I'm happy to see that the Southern Baptist Convention is not listed in any way.


----------



## tcalbrecht (Sep 4, 2008)

py3ak said:


> The same questions would apply to any Reformed group that participates in the NAE. Why? And, has that Reformed group demonstrably been a good influence?



Without some sort of George Bailey-esque insight, it's hard to say. The PCA could be living in Potterville rather than Bedford Falls.


----------



## py3ak (Sep 4, 2008)

But we have a sizable representation of PCA people on here. I thought they might have heard some discussion about it. I am sincerely confused as to why the PCA would be a part of this group.


----------



## py3ak (Sep 7, 2008)

Any new takers on why the PCA is a member of the NAE?


----------



## NaphtaliPress (Sep 7, 2008)

tcalbrecht said:


> py3ak said:
> 
> 
> > The same questions would apply to any Reformed group that participates in the NAE. Why? And, has that Reformed group demonstrably been a good influence?
> ...


Or living in Disneyland? (Weeeee).
http://www.puritanboard.com/f117/pca-ga-disney-37267/


----------



## NaphtaliPress (Sep 7, 2008)

py3ak said:


> Any new takers on why the PCA is a member of the NAE?


No idea. I have a vague recollection the late George Calhoun of Mount Olive Tape Library fame was quite vocal about how bad a thing it was.


----------



## Christusregnat (Sep 8, 2008)

py3ak said:


> Any new takers on why the PCA is a member of the NAE?



Well.... in the spirit of numerology and the such like, I have a guess:

1. PCA has three letters; so does NAE
2. Each abbreviation ends with a vowel
3. Each abbreviation starts with a consonant
4. Each abbreviation has the letter "A" in it
5. P=16, C=3, A=1; N=14, A=1, E=5; Notice, the divine intention for the Union is sealed in the sacred number 20. 10 is fulness, and 2 is companionship; therefore, this companionship is fully satisfying.
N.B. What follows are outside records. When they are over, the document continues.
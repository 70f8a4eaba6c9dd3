//! [`GroupCounts`] counts the unfinished tasks of a group, and knows the two ends of the list of
//! its held tasks. Each held task has a link to the next held task of its group. So a task that is
//! submitted or ends changes the counts of one group, and one link.

ghost use Rattle.std.specs.Prelude.{◌≡◌, ◌<◌, ◌≤◌, ◌+◌, ◌-◌, ℕ, [], ◌∷◌, ◌++◌, length, vec_len};
ghost use Rattle.std.specs.Prelude.{vec_capacity, slice_get, Some, None, Option, IfSome};
ghost use Rattle.run_model.specs.declared.bounds.TheConstants.{MOST_TASKS};
ghost use Rattle.run_model.specs.Rows.{at_row};
ghost use Rattle.task_group.specs.Kept.{entered as comes_in, linked, left as goes, left_by};
ghost use Rattle.task_group.specs.Kept.{link_of, IsWithin, no_counts};

use std::alloc::Allocator;

/// The number of a group's unfinished tasks, and the ends of the list of its held tasks.
#[derive(Clone, Copy)]
pub struct GroupCounts {
    /// The number of tasks that are fresh or running.
    pub unfinished: u16,
    /// The oldest held task.
    pub first: Option<u16>,
    /// The newest held task. If no task is held, the number has no meaning.
    pub last: u16,
}

/// Counts a new task.
pub fn enter<A: Allocator>(counts: &mut Vec<GroupCounts, A>, g: usize, admitted: bool, n: u16)
    requires known { g < vec_len counts.old }
    requires room { (s : GroupCounts) → slice_get counts.old.items g ≡ Some s
        → s.unfinished < MOST_TASKS }
    ensures entered { counts.new.items ≡ at_row (comes_in admitted n) g counts.old.items }
    ensures capacity { vec_capacity counts.new ≡ vec_capacity counts.old }
{
    let row = counts[g];
    counts[g] = entered(row, admitted, n);
}

/// Appends an empty link.
pub fn push_none<A: Allocator>(next: &mut Vec<Option<u16>, A>)
    requires { vec_len next.old < vec_capacity next.old }
    ensures pushed { next.new.items ≡ next.old.items ++ None ∷ [] }
    ensures capacity { vec_capacity next.new ≡ vec_capacity next.old }
{
    next.push_reserved(None);
}

/// Appends the link of a new task. If the task is held, it becomes the last one of its group's
/// list.
pub fn link<A: Allocator>(next: &mut Vec<Option<u16>, A>, admitted: bool, row: GroupCounts, n: u16)
    requires room { vec_len next.old < vec_capacity next.old }
    requires known { IsWithin row.first row.last (length next.old.items) }
    ensures linked { next.new.items ≡ linked admitted row.first row.last n next.old.items }
    ensures capacity { vec_capacity next.new ≡ vec_capacity next.old }
{
    if admitted {
        push_none(next);
        return;
    }
    match row.first {
        None => push_none(next),
        Some(_) => {
            set_link(next, row.last, n);
            push_none(next);
        }
    }
}

/// Removes an admitted task that ended. The first held task, if there is one, is admitted instead.
pub fn leave<A: Allocator>(
    counts: &mut Vec<GroupCounts, A>,
    next: &Vec<Option<u16>, A>,
    g: usize,
) -> Option<u16>
    requires known { g < vec_len counts.old }
    requires active { (s : GroupCounts) → slice_get counts.old.items g ≡ Some s
        → (0 < s.unfinished) × IfSome s.first (λ h. h < length next.now.items) }
    ensures first { (s : GroupCounts) → slice_get counts.old.items g ≡ Some s → result ≡ s.first }
    ensures left { counts.new.items ≡ at_row (goes next.now.items) g counts.old.items }
    ensures capacity { vec_capacity counts.new ≡ vec_capacity counts.old }
{
    let row = counts[g];
    let first = row.first;
    let link = next_of(next, first);
    counts[g] = left(row, link);
    first
}

/// Appends the counts of a group without tasks.
pub fn push_counts<A: Allocator>(counts: &mut Vec<GroupCounts, A>)
    requires { vec_len counts.old < vec_capacity counts.old }
    ensures pushed { counts.new.items ≡ counts.old.items ++ no_counts ∷ [] }
    ensures capacity { vec_capacity counts.new ≡ vec_capacity counts.old }
{
    counts.push_reserved(GroupCounts {
        unfinished: 0,
        first: None,
        last: 0,
    });
}

/// Returns the counts after task `n` was added, as an admitted or a held one.
fn entered(row: GroupCounts, admitted: bool, n: u16) -> GroupCounts
    requires { row.unfinished < MOST_TASKS }
    ensures { result ≡ comes_in admitted n row }
{
    if admitted {
        return GroupCounts {
            unfinished: row.unfinished + 1,
            first: row.first,
            last: row.last,
        };
    }
    GroupCounts {
        unfinished: row.unfinished + 1,
        first: row.first.or(Some(n)),
        last: n,
    }
}

/// Returns the counts after an admitted task ended. `link` is the link of the first held task.
fn left(row: GroupCounts, link: Option<u16>) -> GroupCounts
    requires { 0 < row.unfinished }
    ensures { result ≡ left_by row.first link row }
{
    match row.first {
        None => GroupCounts {
            unfinished: row.unfinished - 1,
            first: None,
            last: row.last,
        },
        Some(_) => GroupCounts {
            unfinished: row.unfinished - 1,
            first: link,
            last: row.last,
        },
    }
}

/// Returns the link of task `first`, if there is one.
fn next_of<A: Allocator>(next: &Vec<Option<u16>, A>, first: Option<u16>) -> Option<u16>
    requires { IfSome first (λ h. h < length next.now.items) }
    ensures { result ≡ link_of next.now.items first }
{
    match first {
        None => None,
        Some(h) => next[h as usize],
    }
}

/// Links the last held task to the next one.
fn set_link<A: Allocator>(next: &mut Vec<Option<u16>, A>, last: u16, n: u16)
    requires { last < vec_len next.old }
    ensures set { next.new.items ≡ at_row (λ _. Some n) last next.old.items }
    ensures len { vec_len next.new ≡ vec_len next.old }
    ensures capacity { vec_capacity next.new ≡ vec_capacity next.old }
{
    next[last as usize] = Some(n);
}
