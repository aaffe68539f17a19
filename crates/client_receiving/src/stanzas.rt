// One stanza of phase two received: a command of the plugin, judged, kept, and answered at once or left to wait for the host's reply.
ghost use Rattle.std.specs.Prelude.{◌≡◌, eqb};
ghost use Rattle.refusal.specs.Output.{filled};
ghost use Rattle.refusal.specs.Pick.{pick};
ghost use Rattle.refusal.specs.Verdict.{verdict_said};
ghost use Rattle.stanza.specs.Parts.{arguments_in, body_in};
ghost use Rattle.session.specs.Session.{session_of, carried_by};
ghost use Rattle.conversation.specs.PhaseTwo.{buffers_of};
ghost use Rattle.conversation.specs.ReceivingTwo.{text_of, received_stanza};
ghost use Rattle.phase_two.specs.AtOnce.{at_once_said};
ghost use Rattle.client_receiving.specs.Stanzas.{step_said};

use client_room::Step;
use refusal::Refusal;
use responses::Response;
use session::Session;
use stanza::Stanza;
use tables::Body;

// Writes what is answered at once to a command that was accepted.
fn write_answer(verdict: Result<(), Refusal>, answer: Option<Response>, out: &mut [u8])
    ensures { out.new ≡ pick (eqb (verdict_said verdict) 0) (filled (text_of (at_once_said answer)) out.old) out.old }
{
    match verdict {
        Ok(()) => {
            phase_two::write_at_once(answer, out);
        }
        Err(_) => {}
    }
}

// A whole stanza at the front of a text.
pub(crate) fn receive_stanza(
    session: Session,
    text: &[u8],
    s: Stanza,
    slots: &mut [[usize; 4]],
    header_slots: &[[usize; 4]],
    errors: &mut [u8],
    stanzas: &mut [u8],
    returned: &mut [u8],
    out: &mut [u8],
) -> Step
    ensures outcome { step_said result slots.new header_slots.now errors.new stanzas.new returned.new
        out.new ≡
        received_stanza (session_of session slots.old header_slots.now)
        (buffers_of errors.old stanzas.old returned.old) out.old (arguments_in text.now s)
        (body_in text.now s) s.taken }
    ensures carried { carried_by result.session ≡ carried_by session }
{
    let machine = session.machine;
    let before = session.phase;
    let screen = session.screen;
    let tables = session.tables;
    let line = stanza::arguments_of(text, s);
    let body = Body::Lines(stanza::lines_of(text, s));
    let n = tables::body_size(body);
    let command = phase_two_commands::parse_two(machine, line, n);
    let ruled = phase_two_decision::rule_two(false, tables, command, slots, header_slots);
    let at_once = phase_two::answer_at_once(screen, command);
    let size = phase_two::at_once_size(at_once);
    let late = session::check_output(size, out.len());
    let step = phase_two::step_two(
        ruled, late, tables, command, line, body, slots, errors, stanzas, returned,
    );
    let verdict = step.verdict;
    let after = step.tables;
    write_answer(verdict, at_once, out);
    let answer = client_room::answer_to(verdict, command, s.taken, size);
    let phase = phase_two::phase_received_two(before, screen, verdict, command);
    Step {
        answer: answer,
        session: session.moved(phase, after),
    }
}
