// The client end's receiving: chunks of the plugin's commands in phase two, and its host's replies.
#![tactic(auto)]

mod receiving;
mod replying;
mod stanzas;
mod texts;

pub use receiving::receive;
pub use replying::reply;
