// A text of phase two received, stanza after stanza from the left. All that is written for it has room.
ghost use Rattle.std.specs.Prelude.{◌≡◌, Some, Ok, Err, true, [], ◌+◌, ◌≤◌, length};
ghost use Rattle.session.specs.Session.{session_of};
ghost use Rattle.session.specs.declared.phases.Phase.TheVariants.{Two};
ghost use Rattle.phase_one.specs.PhaseOne.{BuffersOne};
ghost use Rattle.chunks.specs.Taking.{client};
ghost use Rattle.chunks.specs.Chunks.{is_held};
ghost use Rattle.chunks.specs.Uncut.{is_waiting};
ghost use Rattle.client_room.specs.Room.{stanza_ahead};
ghost use Rattle.client_receiving.specs.Texts.{lent, behind_answer, MayTake, Answers};

use crate::stanzas::receive_stanza;
use client_room::next_stanza;
use intake::{Last, Received, Turn, awaited_in, begin, stop};
use session::{Phase, Session, WordTwo};

// One command more, answered with so many bytes. Not one with plugin_receiving's answer_behind: shared it would be public, and no public function requires room
// for a count.
fn go_on(so_far: Received, word: WordTwo, size: usize, session: Session) -> Received
    requires { (so_far.count + 1 ≤ 18446744073709551615) × (so_far.written + size ≤ 18446744073709551615) }
    ensures { result ≡ record {
      verdict = Ok tt;
      count = so_far.count + 1;
      last = Some (Last.CommandTwo word);
      written = so_far.written + size;
      session = session;
    } }
{
    Received {
        verdict: Ok(()),
        count: so_far.count + 1,
        last: Some(Last::CommandTwo(word)),
        written: so_far.written + size,
        session: session,
    }
}

// A text from the start of a stanza on, behind what was taken: its stanzas, up to one that waits or is refused, and what stands behind them.
pub(crate) fn take_text(
    so_far: Received,
    text: &[u8],
    input: &mut [u8],
    slots: &mut [[usize; 4]; Session::OTHER_SLOTS],
    header_slots: &[[usize; 4]; Session::HEADER_STANZAS],
    errors: &mut [u8],
    stanzas: &mut [u8],
    returned: &mut [u8],
    out: &mut [u8],
) -> Received
    requires { MayTake so_far slots.old header_slots.now errors.old stanzas.old returned.old text.now input.old out.old }
    ensures outcome { (b : BuffersOne) → Answers result slots.new header_slots.now input.old input.new
        (lent b errors.new stanzas.new returned.new) out.old out.new
        (behind_answer so_far slots.old header_slots.now (lent b errors.old stanzas.old returned.old)
        [] text.now out.old) }
    ensures name { result.session.name ≡ so_far.session.name }
{
    let mut done = so_far;
    let mut at = 0;
    let mut begun = 0;
    while let Ok(s) = next_stanza(done.session.phase, &text[at..]) {
        let written = done.written;
        let step = receive_stanza(
            done.session,
            &text[at..],
            s,
            slots,
            header_slots,
            errors,
            stanzas,
            returned,
            &mut out[written..],
        );
        let answer = step.answer;
        let after = step.session;
        match answer {
            Err(r) => {
                return stop(done, r, after);
            }
            Ok(taken) => {
                done = go_on(done, taken.word, taken.written, after);
                begun = at;
                at += s.taken;
            }
        }
    }
    let phase = done.session.phase;
    let turn = intake::turn_client(phase);
    let awaited = awaited_in(phase, &text[begun..at]);
    intake::settle(done, turn, awaited, &text[at..], input)
}

// Whether the host's reply is due.
fn is_waiting(phase: Phase) -> bool
    ensures { result ≡ is_waiting client phase }
{
    matches!(phase, Phase::Awaiting(_))
}

// A text that is taken as one stanza, and the text behind it. Its stanza is a turn of take_text's loop; one function for both would take the loop's variables and
// hand all of them back.
pub(crate) fn take_front(
    session: Session,
    front: &[u8],
    text: &[u8],
    input: &mut [u8],
    slots: &mut [[usize; 4]; Session::OTHER_SLOTS],
    header_slots: &[[usize; 4]; Session::HEADER_STANZAS],
    errors: &mut [u8],
    stanzas: &mut [u8],
    returned: &mut [u8],
    out: &mut [u8],
) -> Received
    requires phase_value { (session.phase ≡ Two) × (length front.now ≤ 8192) × (16384 ≤ length input.old) }
    requires out_value { (b : BuffersOne) → is_held (stanza_ahead (session_of session slots.old header_slots.now)
        (lent b errors.old stanzas.old returned.old) front.now text.now) out.old ≡ true }
    ensures outcome { (b : BuffersOne) → Answers result slots.new header_slots.now input.old input.new
        (lent b errors.new stanzas.new returned.new) out.old out.new
        (stanza_ahead (session_of session slots.old header_slots.now)
        (lent b errors.old stanzas.old returned.old) front.now text.now) }
    ensures name { result.session.name ≡ session.name }
{
    let begun = begin(session, 0);
    let first = stanza::read(front);
    match first {
        Err(r) => {
            let phase = session.phase;
            stop(
                begun,
                r,
                session.moved(session::phase_refused(phase, r), session.tables),
            )
        }
        Ok(s) => {
            let step = receive_stanza(
                session,
                front,
                s,
                slots,
                header_slots,
                errors,
                stanzas,
                returned,
                out,
            );
            let answer = step.answer;
            let after = step.session;
            match answer {
                Err(r) => stop(begun, r, after),
                Ok(taken) => {
                    let done = go_on(begun, taken.word, taken.written, after);
                    let phase = after.phase;
                    if is_waiting(phase) {
                        return intake::settle(done, Turn::KeepsBack, front, text, input);
                    }
                    take_text(
                        done,
                        text,
                        input,
                        slots,
                        header_slots,
                        errors,
                        stanzas,
                        returned,
                        out,
                    )
                }
            }
        }
    }
}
Hence, my dear brothers, let not man... well, you get the idea.

Mystically yours,


----------



## Backwoods Presbyterian (Sep 8, 2008)




----------



## Scott1 (Sep 8, 2008)

Our PCA Stated Clerk was, at one time, chairman of the board of NAE.

National Association of Evangelicals

I see that at one time, the PCA tried to use its influence to rescind the practice of allowing joint membership in the NAE and National Council of Churches (NCC).



> Roy Taylor, General Assembly clerk of the Presbyterian Church in America, which organized in 1973 as an alternative to what became the Presbyterian Church (U.S.A.), said, "The uniqueness of the NAE in its founding was to be an evangelical association in contrast to the more theologically diverse and pluralistic NCC mainline denominations." The PCA assembly last summer directed its interchurch relations committee to request that the NAE reverse its action.


http://findarticles.com/p/articles/mi_m1058/is_11_118/ai_73443608


----------



## py3ak (Sep 8, 2008)

It seems to defeat the purpose of the NAE if someone can be in it and in the NCC. I'm glad to hear there's been opposition to it. But how come it seems to be an established fact that no one is interested in changing? Am I making a big deal out of nothing?


----------



## Mushroom (Sep 8, 2008)

py3ak said:


> It seems to defeat the purpose of the NAE if someone can be in it and in the NCC. I'm glad to hear there's been opposition to it. But how come it seems to be an established fact that no one is interested in changing? Am I making a big deal out of nothing?


No, you're not, Ruben. Just another example of the serious problems facing my beloved denomination.


----------



## py3ak (Sep 8, 2008)

We had crusaders do stuff about the FV (and I understand that much of the real work is yet to be done, but at least there is a firm foundation on which to do it). Is this that much better?


----------